James Osterbur v. United States

U.S. Court of Appeals for the Seventh Circuit
Per Curiam

James Osterbur v. United States

Opinion

NONPRECEDENTIAL DISPOSITION To be cited only in accordance with Fed. R. App. P. 32.1

United States Court of Appeals For the Seventh Circuit Chicago, Illinois 60604

Submitted February 4, 2009* Decided February 4, 2009

Before

JOHN L. COFFEY, Circuit Judge

JOEL M. FLAUM, Circuit Judge

DANIEL A. MANION, Circuit Judge

No. 08‐3954

JAMES F. OSTERBUR, Appeal from the United States District Plaintiff‐Appellant, Court for the Central District of Illinois.

v.

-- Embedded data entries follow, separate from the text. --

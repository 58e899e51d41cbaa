// Writing a task file.
ghost use Rattle.std.specs.Prelude.{◌≡◌, length};
ghost use Rattle.task.specs.Lending.{lent_tables};
ghost use Rattle.task.specs.Table.{task_of};
ghost use Rattle.file_format.specs.Bytes.{file_of};
ghost use Rattle.task_writer.specs.Inner.Putting.{Put, WriteIn};
ghost use Rattle.task_writer.specs.Writing.{write_answered, wrote, write_outcome};

use crate::put_row::put_head;
use crate::put_tables::{put_rows, put_state, put_words};
use task::Table;
use task::check::check;
use task::refusal::Refusal;
use task::tables::Tables;

// The bytes of a task, from the front; what does not fit is only counted. Linear in the counts.
fn put_task(out: &mut [u8], tables: &Tables<'_>) -> usize
    requires { WriteIn (lent_tables tables.now) }
    ensures { Put (file_of (task_of (lent_tables tables.now))) 0 result out.old out.new }
{
    let head = tables.head;
    let (formulas, effects, operators) = (tables.formulas, tables.effects, tables.operators);
    let to_state = put_head(out, head);
    let to_twins = put_state(out, to_state, &tables.initial[..head.variables as usize]);
    let to_formulas = put_words(out, to_twins, &tables.twins[..head.twins as usize]);
    let to_effects = put_rows(
        out,
        to_formulas,
        Table::Formulas,
        formulas,
        head.formulas as usize,
    );
    let to_operators = put_rows(
        out,
        to_effects,
        Table::Effects,
        effects,
        head.effects as usize,
    );
    put_rows(
        out,
        to_operators,
        Table::Operators,
        operators,
        head.operators as usize,
    )
}

// Writes the file of lent tables, and tells its length. One pass over the tables, after their check; clearing is linear in the output.
pub fn write(tables: &Tables<'_>, out: &mut [u8]) -> Result<usize, Refusal>
    ensures { wrote (write_answered result) out.new ≡ write_outcome (lent_tables tables.now) (length out.old) }
{
    out.fill(0); // as a refusal leaves it, and past the file
    check(tables)?;
    let end = put_task(out, tables);
    if out.len() < end {
        out.fill(0);
        return Err(Refusal::ShortOutput);
    }
    Ok(end)
}
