// Bytes, words and fields into an output. What does not fit is only counted. The output and the place are two parameters: of a struct with the
// output in it each contract would have to say that it still holds the same output.
ghost use Rattle.std.specs.Prelude.{◌≡◌, [], ◌∷◌, ◌+◌, ◌≤◌, length};
ghost use Rattle.file_format.specs.Bytes.{word_bytes, field_bytes, fields_bytes, map_of};
ghost use Rattle.task_writer.specs.Inner.Putting.{Put, FieldsIn, MappedIn};

// One byte. Constant time.
pub fn put_byte(out: &mut [u8], at: usize, byte: u8) -> usize
    requires { at ≤ 2000000 }
    ensures { Put (byte ∷ []) at result out.old out.new }
{
    if at < out.len() {
        out[at] = byte;
    }
    at + 1
}

// Bytes, plain. Linear.
pub fn put_bytes(out: &mut [u8], at: usize, bytes: &[u8]) -> usize
    requires { at + length bytes.now ≤ 2000000 }
    ensures { Put bytes.now at result out.old out.new }
{
    let mut next = at;
    for byte in bytes {
        next = put_byte(out, next, *byte);
    }
    next
}

// A word, little-endian. Constant time.
#[tactic(auto, using(crate::proofs::Puts::le_word))]
pub fn put_word(out: &mut [u8], at: usize, w: u16) -> usize
    requires { at ≤ 1900000 }
    ensures { Put (word_bytes w) at result out.old out.new }
{
    put_bytes(out, at, &w.to_le_bytes())
}

// A field: nothing for its default. Constant time.
#[tactic(auto, using(crate::proofs::Puts::put_none), unfolding(file_format::specs::Bytes::field_bytes))]
pub fn put_field(out: &mut [u8], at: usize, w: u16, default: u16) -> usize
    requires { at ≤ 1800000 }
    ensures { Put (field_bytes default w) at result out.old out.new }
{
    if w == default {
        at
    } else {
        put_word(out, at, w)
    }
}

// Fields by their defaults. Linear in them, as are the two below.
fn put_fields(out: &mut [u8], at: usize, fields: &[u16], defaults: &[u16]) -> usize
    requires { (at ≤ 1700000) × (FieldsIn defaults.now fields.now) }
    ensures { Put (fields_bytes defaults.now fields.now) at result out.old out.new }
{
    let mut next = at;
    for (field, default) in fields.iter().zip(defaults) {
        next = put_field(out, next, *field, *default);
    }
    next
}

// Their bit map, the first one's bit the lowest. By index, as no facts come with the items of a `zip` backwards.
fn map_of(fields: &[u16], defaults: &[u16]) -> u8
    requires { FieldsIn defaults.now fields.now }
    ensures { result ≡ map_of defaults.now fields.now }
{
    let mut map = 0;
    for i in (0..fields.len()).rev() {
        map = 2 * map + u8::from(fields[i] != defaults[i]);
    }
    map
}

// The map byte, with `high` above the map's bits, and the fields by it.
#[tactic(auto, using(file_format::proofs::Fields::map_lt))]
pub fn put_mapped(out: &mut [u8], at: usize, high: u8, fields: &[u16], defaults: &[u16]) -> usize
    requires { MappedIn defaults.now fields.now at high }
    ensures { Put ((map_of defaults.now fields.now + high) ∷ fields_bytes defaults.now fields.now) at result out.old out.new }
{
    let next = put_byte(out, at, map_of(fields, defaults) + high);
    put_fields(out, next, fields, defaults)
}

No. 08‐CV‐2262

UNITED STATES OF AMERICA, et al., Michael P. McCuskey, Defendants‐Appellees. Chief Judge.

O R D E R

James Osterbur filed a complaint in the district court naming as defendants the United States of America, the State of Illinois, the Governor of Illinois, the President of the United States, and the Supreme Court of the United States. Osterbur’s 29‐page complaint is

* The defendants were not served with process in district court and are not participating in this appeal. After examining the appellant’s brief and the record, we have concluded that oral argument is unnecessary. Thus, the appeal is submitted on the appellant’s brief and the record. See FED R. APP P. 34(a)(2). No. 08‐3954 Page 2

completely incoherent and contains no discernable claims, though Osterbur appears to call for a “tax revolt.” The district court found that the case was frivolous and insubstantial and therefore dismissed it for lack of subject matter jurisdiction. See Gammon v. GC Servs. Ltd. P’ship, 27 F.3d 1254, 1256 (7th Cir. 1994) (federal courts lack jurisdiction over claims that are so insubstantial as to be devoid of merit).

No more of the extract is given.